By the late summer of 1864, a century and a half ago, more than 100,000 African American soldiers were serving in the U.S. Civil War, providing a much-needed boost to Abraham Lincoln’s struggling Union forces. These proud soldiers, many of whom were former slaves, “had been to the armory of God,” said one black sergeant, “and had received weapons of the heart, that made them daring and dangerous foes.”
The Union’s newest enlistees fought courageously, but neither God nor their new employer had equipped them with the armor to fight an even more daunting enemy than the Confederacy: Disease.
According to The Library of Congress, an astonishing 29,000 of those 100,000 black soldiers died from disease during the Civil War. Or, nine times the number that would perish fighting.
Pneumonia, malaria, dysentery, small pox and typhoid fever were the primary culprits, and devastated many black units: One black infantry regiment lost 524 soldiers to disease in a single year, half of its overall numbers. As one lieutenant stationed in Louisiana wrote: “The mortality in our Regt. beats anything that I ever saw. They frequently drop dead in the streets.”
The Civil War was the greatest biological crisis of the 19th century. Unsanitary camps, unburied bodies and inadequate medical care contributed to the deaths of over 400,000 soldiers from disease. According to historian Glenn W. LaFantasie, author of Gettysburg Requiem (2006), “[d]isease and primitive medical knowledge were the Civil War soldier’s worst enemies. For every soldier killed in battle, two died of disease.”
A white doctor observed, ‘[V]ery few surgeons will do precisely for blacks as they would for whites.’
The camp conditions confronting the average soldier were appalling. For black soldiers, it was even worse. Those who became ill “died at a rate two and a half times higher than their white counterparts,” according to The Library of Congress.
Discrimination led not only to unequal pay and poorly-provisioned regiments, but grossly deficient medical care. Many white medical officers were unwilling to treat black units, one white doctor observing that “[v]ery few surgeons will do precisely for blacks as they would for whites.” And there were only three black physicians serving the Union Army’s 166 black regiments.

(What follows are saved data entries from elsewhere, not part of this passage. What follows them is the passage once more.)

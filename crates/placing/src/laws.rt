//! What references are.

ghost use Rattle.std.specs.Prelude.{ℕ, Bool, List};
ghost use Rattle.model_base.specs.References.{last_before};
ghost use Rattle.model_base.specs.declared.statement.Statement.{Statement};
ghost use Rattle.placing.specs.Laws.{IsLast};

/// A reference, to a writer of a row as to a deed on a table, is to the last earlier place of the batch that is one, or to
/// the base where the batch has none before the place.
pub fn references_are_last()
    ensures { (test : Statement → Bool) (log : List Statement) (first place : ℕ)
        → IsLast test log first place (last_before test log first place) }
{}
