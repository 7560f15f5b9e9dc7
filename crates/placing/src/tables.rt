//! The tables of a statement's needs and of its deed.

ghost use Rattle.std.specs.Prelude.{◌≡◌, ◌+◌, ◌≤◌, [], ◌++◌, length, map, vec_len, OnOk};
ghost use Rattle.std.specs.List.{flat_map};
ghost use Rattle.model_base.specs.Outcomes.{needs_of_access};
ghost use Rattle.model_base.specs.References.{deed_tables, tables_of};
ghost use Rattle.model_base.specs.Versions.{accesses_of};
ghost use Rattle.model_base.specs.declared.deed.Need.{Need};
ghost use Rattle.placing.specs.Tables.{has_need, with_number, with_numbers};

use model_base::{Access, Statement, Table};
use std::alloc::AllocError;

/// Appends a table to the others, if it isn't there.
fn add_table(tables: &mut Vec<Table>, table: Table) -> Result<(), AllocError>
    ensures tables { OnOk result (tables.new.items ≡ with_number tables.old.items table) }
    ensures count { OnOk result (vec_len tables.new ≤ vec_len tables.old + 1) }
{
    if !tables.contains(&table) {
        tables.push(table)?;
    }
    Ok(())
}

/// Whether the access needs anything.
pub fn has_need(access: &Access) -> bool
    ensures { result ≡ has_need access.now }
{
    access.kinds.read || access.kinds.insert || access.kinds.update || access.kinds.delete
}

/// Appends the tables of the accesses' needs to the others, each that isn't there.
fn add_needs(tables: &mut Vec<Table>, accesses: &[Access]) -> Result<(), AllocError>
    ensures tables { OnOk result (tables.new.items
        ≡ with_numbers tables.old.items (map (λ (need : Need). need.table) (flat_map needs_of_access accesses.now))) }
    ensures count { OnOk result (vec_len tables.new ≤ vec_len tables.old + length accesses.now) }
{
    for access in accesses {
        if has_need(access) {
            add_table(tables, access.key.table)?;
        }
    }
    Ok(())
}

/// Writes the tables of a statement's needs and of its deed into an empty list, each once, in the order in which they first appear. On
/// `Err`, out of memory, and some may be in it.
pub fn find_tables(tables: &mut Vec<Table>, statement: &Statement) -> Result<(), AllocError>
    requires { tables.old.items ≡ [] }
    ensures tables { OnOk result (tables.new.items ≡ tables_of statement.now.form) }
    ensures count { OnOk result (vec_len tables.new ≤ length (accesses_of statement.now.form) + 1) }
{
    add_needs(tables, statement.accesses())?;
    if let Some(table) = statement.deed_table() {
        add_table(tables, table)?;
    }
    Ok(())
}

Emancipation and the long war caused severe dislocation in black communities, disrupting kin networks, and leaving millions without adequate shelter, food or access to medical care. And things would only get worse: Sickness and disease threatened the lives of 3.5 million freed slaves after the war ended.

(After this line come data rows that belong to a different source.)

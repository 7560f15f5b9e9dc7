//! The references of a batch.

ghost use Rattle.std.specs.Prelude.{◌≡◌, ◌+◌, ◌<◌, ℕ, List, Some, IfOk, fold, length, replicate, slice_get};
ghost use Rattle.model_base.specs.declared.reference.Reference.TheVariants.{Base};
ghost use Rattle.model_base.specs.declared.statement.Statement.{Statement};
ghost use Rattle.model_base.specs.References.{batch_references};
ghost use Rattle.placing.specs.Parts.{ArePartsOf, AreRisingEnds};
ghost use Rattle.placing.specs.Refs.{first_count, first_ends, pieces, start_at, with_found, with_part};

use crate::part::{Found, Part};
use model_base::Reference;
use std::alloc::{AllocError, Global};
use std::marker::Model;

/// What each place of a batch is referred to: for each of its accesses in order, and then for each table of its needs and of its deed, in
/// the order in which these first appear.
#[derive(Drop)]
pub struct Refs {
    ends: Vec<usize>,
    references: Vec<Reference>,
}

impl Model for Refs {
    ghost use Rattle.std.specs.Prelude.{List, length};
    ghost use Rattle.model_base.specs.declared.reference.Reference.{Reference};
    ghost use Rattle.placing.specs.Parts.{AreRisingEnds};
    ghost use Rattle.placing.specs.Refs.{pieces};

    ghost Value = { List (List Reference) };

    ghost view = { λ refs. pieces 0 refs.ends.items refs.references.items };

    ghost invariant = { λ refs. AreRisingEnds 0 refs.ends.items (length refs.references.items) };
}

impl Refs {
    ghost use Rattle.std.specs.Prelude.{◌≡◌, ◌<◌, Some, length, slice_get};

    /// How many places the batch has.
    #[tactic(auto, using(crate::proofs::Ends::length_pieces))]
    pub fn len(&self) -> usize
        ensures { result ≡ length self.now }
    {
        self.ends.len()
    }

    /// What the place of this index in the batch is referred to.
    #[tactic(auto, using(crate::proofs::Ends::length_pieces))]
    pub fn of(&self, index: usize) -> &[Reference]
        requires { index < length self.now }
        ensures { slice_get self.now index ≡ Some result.now }
    {
        piece(&self.ends, &self.references, index)
    }
}

/// Where the piece of this index begins.
fn start_at(ends: &[usize], index: usize) -> usize
    requires { index < length ends.now }
    ensures { result ≡ start_at 0 ends.now index }
{
    if index == 0 { 0 } else { ends[index - 1] }
}

/// The piece of this index.
fn piece<'a>(ends: &[usize], references: &'a [Reference], index: usize) -> &'a [Reference]
    requires sound { AreRisingEnds 0 ends.now (length references.now) }
    requires below { index < length ends.now }
    ensures { slice_get (pieces 0 ends.now references.now) index ≡ Some result.now }
{
    &references[start_at(ends, index)..ends[index]]
}

/// This many references to the base.
fn bases(alloc: Global, count: usize) -> Result<Vec<Reference>, AllocError>
    ensures { IfOk result (λ references. references.items ≡ replicate count Base) }
{
    vec![in alloc; Reference::Base; count]
}

/// Writes what was found at its index.
fn put_found(references: &mut [Reference], found: &[Found])
    ensures { references.new ≡ fold with_found references.old found.now }
{
    for one in found {
        if one.index < references.len() {
            references[one.index] = Reference::At(one.place);
        }
    }
}

/// How many references the batch has, by the first part.
fn first_count(parts: &[Part]) -> usize
    ensures { result ≡ first_count parts.now }
{
    match parts {
        [] => 0,
        [first, ..] => first.count(),
    }
}

/// Where the references of each place end, by the first part.
fn first_ends(alloc: Global, mut parts: Vec<Part>) -> Vec<usize>
    ensures ends { result.items ≡ first_ends parts.items }
    ensures sound { AreRisingEnds 0 (first_ends parts.items) (first_count parts.items) }
{
    if parts.is_empty() {
        Vec::new(alloc)
    } else {
        parts.remove(0).into_ends()
    }
}

/// Writes together what the placers of all partitions found, in the order of the partitions: the references of the batch, the same for
/// every number of partitions. The cost is a step for each place and each reference. `Err` says that memory ran out.
pub fn merge(alloc: Global, parts: Vec<Part>) -> Result<Refs, AllocError>
    ensures { IfOk result (λ refs. (partitions : ℕ) (log : List Statement) (first places : ℕ)
        → ArePartsOf parts.items partitions log first places → refs ≡ batch_references log first (first + places)) }
{
    let mut references = bases(alloc, first_count(&parts))?;
    for part in &parts {
        put_found(&mut references, part.found());
    }
    let ends = first_ends(alloc, parts);
    Ok(Refs { ends, references })
}
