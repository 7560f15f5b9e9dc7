//! The last writers of rows and the last deeds on tables, of one partition.

ghost use Rattle.std.specs.Prelude.{◌≡◌, ◌<◌};

use crate::partition::{partition_of, partition_of_table};
use model_base::{Access, Key, Place, Reference, Statement, Table};
use std::alloc::{AllocError, Global};
use std::collections::BTreeMap;

/// Of the places of the batch so far, the last that may change each row of one partition, and the last that has a deed on
/// each of its tables. Of other partitions nothing is kept.
#[derive(Drop)]
pub(crate) struct Latest {
    partition: usize,
    partitions: usize,
    writers: BTreeMap<Key, Place>,
    deeds: BTreeMap<Table, Place>,
    ghost some: { 0 < partitions },
}

impl Latest {
    ghost use Rattle.std.specs.Prelude.{◌≡◌, ◌<◌, ◌==◌, ◌&&◌, OnOk, ℕ, List, false, option_to_list, if◌then◌else◌};
    ghost use Rattle.std.specs.List.{list_any};
    ghost use Rattle.model_base.specs.declared.reference.Reference.TheVariants.{At};
    ghost use Rattle.model_base.specs.declared.statement.Statement.{Statement};
    ghost use Rattle.model_base.specs.References.{has_deed_on, is_write_to};
    ghost use Rattle.placing.specs.Latest.{IsLatest, ChangesOnly, Notes, is_own_row, is_own_table, own_prior, own_writer, prior_in, reference_to, writer_in};

    /// Before the first place of the batch nothing is kept. It doesn't allocate.
    pub(crate) fn new(alloc: Global, partition: usize, partitions: usize) -> Self
        requires { 0 < partitions }
        ensures partition { result.partition ≡ partition }
        ensures partitions { result.partitions ≡ partitions }
        ensures none { (log : List Statement) (first : ℕ) → IsLatest result log first first }
    {
        Latest {
            partition,
            partitions,
            writers: BTreeMap::new(alloc),
            deeds: BTreeMap::new(alloc),
        }
    }

    /// The reference to a place, or to the base where there is none.
    fn reference_to(place: Option<Place>) -> Reference
        ensures { result ≡ reference_to place }
    {
        match place {
            Some(place) => Reference::At(place),
            None => Reference::Base,
        }
    }

    /// The reference of an access, if its row is of the partition.
    pub(crate) fn writer(&self, access: &Access) -> Reference
        ensures { result ≡ own_writer self.now access.now }
    {
        if partition_of(access.key, self.partitions) == self.partition {
            Self::reference_to(self.writers.get(&access.key).copied())
        } else {
            Reference::Base
        }
    }

    /// The reference of a table, if its deeds are of the partition.
    pub(crate) fn prior(&self, table: Table) -> Reference
        ensures { result ≡ own_prior self.now table }
    {
        if partition_of_table(table, self.partitions) == self.partition {
            Self::reference_to(self.deeds.get(&table).copied())
        } else {
            Reference::Base
        }
    }

    /// Notes that the place may change the rows of these accesses.
    fn note_writes(&mut self, accesses: &[Access], place: Place) -> Result<(), AllocError>
        ensures partition { self.new.partition ≡ self.old.partition }
        ensures partitions { self.new.partitions ≡ self.old.partitions }
        ensures writers { OnOk result ((table row : ℕ) → writer_in self.new table row
            ≡ (if is_own_row self.old table row && list_any (is_write_to table row) accesses.now
            then At place else writer_in self.old table row)) }
        ensures deeds { (table : ℕ) → prior_in self.new table ≡ prior_in self.old table }
        ensures others { (table row : ℕ) → (is_own_row self.old table row && list_any (is_write_to table row) accesses.now) ≡ false
            → writer_in self.new table row ≡ writer_in self.old table row }
    {
        for access in accesses {
            if access.is_writing() && partition_of(access.key, self.partitions) == self.partition {
                self.writers.insert(access.key, place)?;
            }
        }
        Ok(())
    }

    /// Notes that the place has a deed on a table, if it has one.
    fn note_deed(&mut self, table: Option<Table>, place: Place) -> Result<(), AllocError>
        ensures partition { self.new.partition ≡ self.old.partition }
        ensures partitions { self.new.partitions ≡ self.old.partitions }
        ensures writers { (table row : ℕ) → writer_in self.new table row ≡ writer_in self.old table row }
        ensures others { (on : ℕ) → (is_own_table self.old on && list_any (λ of_deed. of_deed == on) (option_to_list table)) ≡ false
            → prior_in self.new on ≡ prior_in self.old on }
        ensures deeds { OnOk result ((on : ℕ) → prior_in self.new on
            ≡ (if is_own_table self.old on && list_any (λ of_deed. of_deed == on) (option_to_list table)
            then At place else prior_in self.old on)) }
    {
        if let Some(table) = table
            && partition_of_table(table, self.partitions) == self.partition
        {
            self.deeds.insert(table, place)?;
        }
        Ok(())
    }

    /// Notes the statement of a place. On `Err`, out of memory, only a part of it may be noted.
    pub(crate) fn note(&mut self, statement: &Statement, place: Place) -> Result<(), AllocError>
        ensures others { ChangesOnly self.old self.new statement.now }
        ensures noted { OnOk result (Notes self.old self.new statement.now place) }
    {
        self.note_writes(statement.accesses(), place)?;
        self.note_deed(statement.deed_table(), place)
    }
}
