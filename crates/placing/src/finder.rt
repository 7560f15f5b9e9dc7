//! The placer of one partition, place by place.

ghost use Rattle.std.specs.Prelude.{◌≡◌, ◌≤◌, ◌<◌, ◌+◌, ℕ, List, Some, OnOk, slice_get};
ghost use Rattle.model_base.specs.declared.statement.Statement.{Statement};
ghost use Rattle.model_base.specs.References.{tables_of};
ghost use Rattle.placing.specs.Latest.{IsBehind, IsLatest, own_prior, own_writer};

use crate::latest::Latest;
use crate::tables::find_tables;
use model_base::{Access, Place, Reference, Statement, Table};
use std::alloc::{AllocError, Global};

/// What the placer of one partition keeps between the places of a batch, which it goes through in order: it notes each place
/// once it is placed, and then finds what the next is referred to.
#[derive(Drop)]
pub struct Finder {
    latest: Latest,
    tables: Vec<Table>,
}

impl Finder {
    /// Before the first place of a batch. It doesn't allocate.
    pub fn new(alloc: Global, partition: usize, partitions: usize) -> Self
        requires { 0 < partitions }
        ensures partition { result.latest.partition ≡ partition }
        ensures partitions { result.latest.partitions ≡ partitions }
        ensures none { (log : List Statement) (first : ℕ) → IsLatest result.latest log first first }
    {
        Finder {
            latest: Latest::new(alloc, partition, partitions),
            tables: Vec::new(alloc),
        }
    }

    /// Notes the statement of a place that was placed. On `Err`, out of memory; the place can be noted again.
    pub fn note(&mut self, statement: &Statement, place: Place) -> Result<(), AllocError>
        ensures partition { self.new.latest.partition ≡ self.old.latest.partition }
        ensures partitions { self.new.latest.partitions ≡ self.old.latest.partitions }
        ensures behind { (log : List Statement) (first : ℕ)
            → IsBehind self.old.latest log first place → slice_get log place ≡ Some statement.now
            → IsBehind self.new.latest log first place }
        ensures noted { OnOk result ((log : List Statement) (first : ℕ)
            → first ≤ place → IsBehind self.old.latest log first place → slice_get log place ≡ Some statement.now
            → IsLatest self.new.latest log first (place + 1)) }
    {
        self.latest.note(statement, place)
    }

    /// Finds the tables of a statement. On `Err`, out of memory.
    pub fn find(&mut self, statement: &Statement) -> Result<(), AllocError>
        ensures latest { self.new.latest ≡ self.old.latest }
        ensures tables { OnOk result (self.new.tables.items ≡ tables_of statement.now.form) }
    {
        self.tables.clear();
        find_tables(&mut self.tables, statement)
    }

    /// The tables that were found.
    pub fn tables(&self) -> &[Table]
        ensures { result.now ≡ self.now.tables.items }
    {
        self.tables.as_slice()
    }

    /// The reference of an access, if its row is of the partition.
    pub fn writer(&self, access: &Access) -> Reference
        ensures { result ≡ own_writer self.now.latest access.now }
    {
        self.latest.writer(access)
    }

    /// The reference of a table, if its deeds are of the partition.
    pub fn prior(&self, table: Table) -> Reference
        ensures { result ≡ own_prior self.now.latest table }
    {
        self.latest.prior(table)
    }
}
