//! What one partition's placer finds.

use model_base::{Place, Reference};
use std::alloc::{AllocError, Global};
use std::marker::Model;

/// That the reference of this index, among all references of the batch, is to a place.
#[derive(Clone, Copy)]
pub struct Found {
    pub index: usize,
    pub place: Place,
}

/// The references of one partition, for all places of a batch: where the references of each place end, in the list of all,
/// and which of them the partition's placer found to be to places. The others are to the base, or another partition's.
#[derive(Drop)]
pub struct Part {
    ends: Vec<usize>,
    count: usize,
    found: Vec<Found>,
}

impl Model for Part {
    ghost use Rattle.placing.specs.Parts.{AreRisingEnds, PartOf};

    ghost Value = { PartOf };

    ghost view = { λ part. record { ends = part.ends.items; count = part.count; found = part.found.items } };

    ghost invariant = { λ part. AreRisingEnds 0 part.ends.items part.count };
}

impl Part {
    ghost use Rattle.std.specs.Prelude.{◌≡◌, ◌<◌, ◌^◌, OnOk};
    ghost use Rattle.placing.specs.Parts.{AreRisingEnds, empty_part, with_end, with_reference};

    /// Of no place. It doesn't allocate.
    pub(crate) fn new(alloc: Global) -> Self
        ensures { result ≡ empty_part }
    {
        Part {
            ends: Vec::new(alloc),
            count: 0,
            found: Vec::new(alloc),
        }
    }

    /// Passes one more reference, which is kept if it is to a place.
    #[tactic(auto, using(crate::proofs::Ends::ends_more))]
    pub(crate) fn pass(&mut self, reference: Reference) -> Result<(), AllocError>
        requires { self.old.count < 2 ^ 63 }
        ensures { OnOk result (self.new ≡ with_reference self.old reference) }
    {
        if let Reference::At(place) = reference {
            self.found.push(Found {
                index: self.count,
                place,
            })?;
        }
        self.count += 1;
        Ok(())
    }

    /// Ends the references of a place.
    #[tactic(auto, using(crate::proofs::Ends::ends_snoc))]
    pub(crate) fn end_place(&mut self) -> Result<(), AllocError>
        ensures { OnOk result (self.new ≡ with_end self.old) }
    {
        self.ends.push(self.count)?;
        Ok(())
    }

    /// How many references there are.
    pub(crate) fn count(&self) -> usize
        ensures { result ≡ self.now.count }
    {
        self.count
    }

    /// Which references were found to be to places.
    pub(crate) fn found(&self) -> &[Found]
        ensures { result.now ≡ self.now.found }
    {
        self.found.as_slice()
    }

    /// Where the references of each place end.
    pub(crate) fn into_ends(self) -> Vec<usize>
        ensures ends { result.items ≡ self.ends }
        ensures sound { AreRisingEnds 0 self.ends self.count }
    {
        self.ends
    }
}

Prior to the Civil War, the great orator, journalist and abolitionist, Frederick Douglass, had argued, “let the black man get upon his person the brass letters, U.S.; let him get an eagle on his button, and a musket on his shoulder, and bullets in his pocket, and there is no power on earth which can deny that he has earned the right to citizenship.”
By the time the 14th Amendment finally granted citizenship to freed slaves in 1868, the combination of disease, war, discrimination and unthinkable hardship had taken a massive toll on black soldiers and communities, but there was, as Douglass had predicted, no question that they had not just earned citizenship but also deserved the eternal respect and admiration of a nation.